You might be surprised to discover that there are a variety of forms of medically prescribed Low T treatment since only the only form that seems to be advertised to consumers consists of the topically applied creams and gels. The ads are so slickly produced, as most drug ads are, that it could make people wonder is low testosterone a real problem, or are these medications being prescribed and used like Viagra?
There is really no correlation between the two types of medical treatment, other than that they can both help with erectile dysfunction – but in entirely different ways. TRT is an extended program of medically prescribed and supervised hormone replacement therapy that utilizes the biological equivalent to naturally produced hormones; erectile performance drugs work strictly by increasing the blood flow to a man’s penis.
Testosterone replacement therapy is not a new form of medical treatment; it has been in use by Low T patients since the middle of the last century. The original and still very widely prescribed form of treatment is the use of injections a few times a month or so. It is a form of TRT treatment that has consistently produced the desired therapeutic results for patients while exposing them to minimal risk for experiencing adverse effects. The newer forms, including the topical treatments; implanted pellets; skin patches; and a few others have not been in use long enough to prove that they are either as effective or as low-risk as the use of testosterone injections.
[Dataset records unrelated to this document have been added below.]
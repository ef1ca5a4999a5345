//! A text without a body.

ghost use Rattle.std.specs.Prelude.{◌≡◌, take, drop, IfOk, option_map};
ghost use Rattle.text_parts.specs.Rest.{inner, blanked, rest_by, IsRest};

use crate::bodies::{ProcessBody, body_at};
use crate::written::{shown_in, write};
use explain_tokens::placed;
use pml_lex::fault::LexError;
use source_lines::position::between;
use std::alloc::{AllocError, Global};

/// The bytes between the brace that opens a body and what stands behind it.
fn inner(text: &[u8], body: ProcessBody) -> &[u8]
    ensures { result.now ≡ inner text.now body }
{
    between(text, body.brace as usize + 1, body.end)
}

/// So many bytes from the front.
fn front(text: &[u8], count: usize) -> &[u8]
    ensures { result.now ≡ take count text.now }
{
    if count < text.len() {
        &text[..count]
    } else {
        text
    }
}

/// The bytes behind so many others.
fn behind(text: &[u8], count: usize) -> &[u8]
    ensures { result.now ≡ drop count text.now }
{
    if count < text.len() {
        &text[count..]
    } else {
        &text[..0]
    }
}

/// The text with `1}` in place of what stands behind the brace of a body, and else blanks.
fn blanked(alloc: Global, text: &[u8], body: ProcessBody) -> Result<Vec<u8>, AllocError>
    ensures { IfOk result (λ t. t.items ≡ blanked text.now body) }
{
    let mut out = Vec::new(alloc);
    out.extend_from_slice(front(text, body.brace as usize + 1))?;
    write(&mut out, b"1}", inner(text, body))?;
    out.extend_from_slice(behind(text, body.end))?;
    Ok(out)
}

/// The text without a body, if there is one in which more is written than would be then.
fn rest_by(
    alloc: Global,
    text: &[u8],
    body: Option<ProcessBody>,
) -> Result<Option<Vec<u8>>, AllocError>
    ensures { IfOk result (λ o. option_map (λ t. t.items) o ≡ rest_by text.now body) }
{
    match body {
        Some(body) if 2 < shown_in(inner(text, body)) => Ok(Some(blanked(alloc, text, body)?)),
        _ => Ok(None),
    }
}

/// The text without the body in which a place lies: it has a body of one statement that can always be taken, and all else stands where it stood. Nothing, if
/// the place lies in no body, if that body is such a one already, or if the text cannot be cut into tokens.
pub fn rest_of(alloc: Global, text: &[u8], offset: usize) -> Result<Option<Vec<u8>>, AllocError>
    ensures { IfOk result (λ o. IsRest text.now offset (option_map (λ t. t.items) o)) }
{
    let tokens = match placed(alloc, text) {
        Ok(tokens) => tokens,
        Err(LexError::Memory) => return Err(AllocError),
        Err(_) => return Ok(None),
    };
    rest_by(alloc, text, body_at(&tokens, text.len(), offset))
}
However at the present time, none of the newer forms has outperformed the original.
So many experienced TRT providers primarily prescribe the use of injectable testosterone treatments that their patients can self-administer at home. It is more common for PCPs and general practitioners to prescribe the topical forms to patients who want to know is low testosterone a real problem and can you prescribe treatment for me? Some doctors might even forego the required blood testing when prescribing the topical treatments for their male patients based on their symptoms alone. But this is not employing the recommended protocols for TRT, which are clearly intended to relay the importance of blood levels testing for all potential Low T patients.